## Stored items
────────────────────

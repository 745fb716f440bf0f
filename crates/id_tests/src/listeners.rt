//! A progress and an interruption that keep the calls made to them.

ghost use Rattle.std.specs.Prelude.{⊤};

use crate::expecting::expect;
use gix_hash::io::{Interrupt, Progress};
use std::process::Abort;

/// A call of a progress.
#[derive(Clone, Copy, PartialEq)]
pub enum Call {
    Init(Option<u64>),
    IncBy(u64),
    ShowThroughput,
}

/// How many of the calls report a chunk.
pub fn chunks(calls: &[Call]) -> usize {
    let mut count = 0usize;
    for call in calls {
        if matches!(call, Call::IncBy(_)) {
            count = count.saturating_add(1);
        }
    }
    count
}

/// The first 20 calls of a progress, and how many there were.
#[derive(Drop)]
pub struct Heard {
    calls: [Call; 20],
    len: usize,
}

impl Heard {
    pub fn new() -> Self {
        Heard {
            calls: [Call::Init(None); 20],
            len: 0,
        }
    }

    fn keep(&mut self, call: Call) {
        if self.len < 20 {
            self.calls[self.len] = call;
        }
        self.len = self.len.saturating_add(1);
    }

    /// It heard exactly these calls.
    pub fn expect(&self, rt: &impl Abort, calls: &[Call]) {
        expect!(rt; &self.calls[..self.len.min(20)] == calls);
    }
}

impl Progress for Heard {
    ghost hears = { λ before call after. ⊤ };

    fn init(&mut self, max: Option<u64>) {
        self.keep(Call::Init(max));
    }

    fn inc_by(&mut self, step: u64) {
        self.keep(Call::IncBy(step));
    }

    fn show_throughput(&mut self) {
        self.keep(Call::ShowThroughput);
    }
}

/// An interruption that counts how often it was asked, and returns true at the call with the
/// number `stops_at`, counted from 1.
#[derive(Drop)]
pub struct Asked {
    pub times: usize,
    stops_at: usize,
}

impl Asked {
    pub fn stopping_at(stops_at: usize) -> Self {
        Asked { times: 0, stops_at }
    }
}

impl Interrupt for Asked {
    ghost answers = { λ before answer after. ⊤ };

    fn should_interrupt(&mut self) -> bool {
        self.times = self.times.saturating_add(1);
        self.times == self.stops_at
    }
}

────────────────────

## TASK
What is needed is an exact copy of the entries above, from the first line through the line holding "if matches!(call, Call::IncBy(_))", with both of those lines kept; please give nothing else.

## ANSWER BOX
repository 745fb716f440bf0f
filename crates/id_tests/src/listeners.rt
//! A progress and an interruption that keep the calls made to them.

ghost use Rattle.std.specs.Prelude.{⊤};

use crate::expecting::expect;
use gix_hash::io::{Interrupt, Progress};
use std::process::Abort;

/// A call of a progress.
#[derive(Clone, Copy, PartialEq)]
pub enum Call {
    Init(Option<u64>),
    IncBy(u64),
    ShowThroughput,
}

/// How many of the calls report a chunk.
pub fn chunks(calls: &[Call]) -> usize {
    let mut count = 0usize;
    for call in calls {
        if matches!(call, Call::IncBy(_)) {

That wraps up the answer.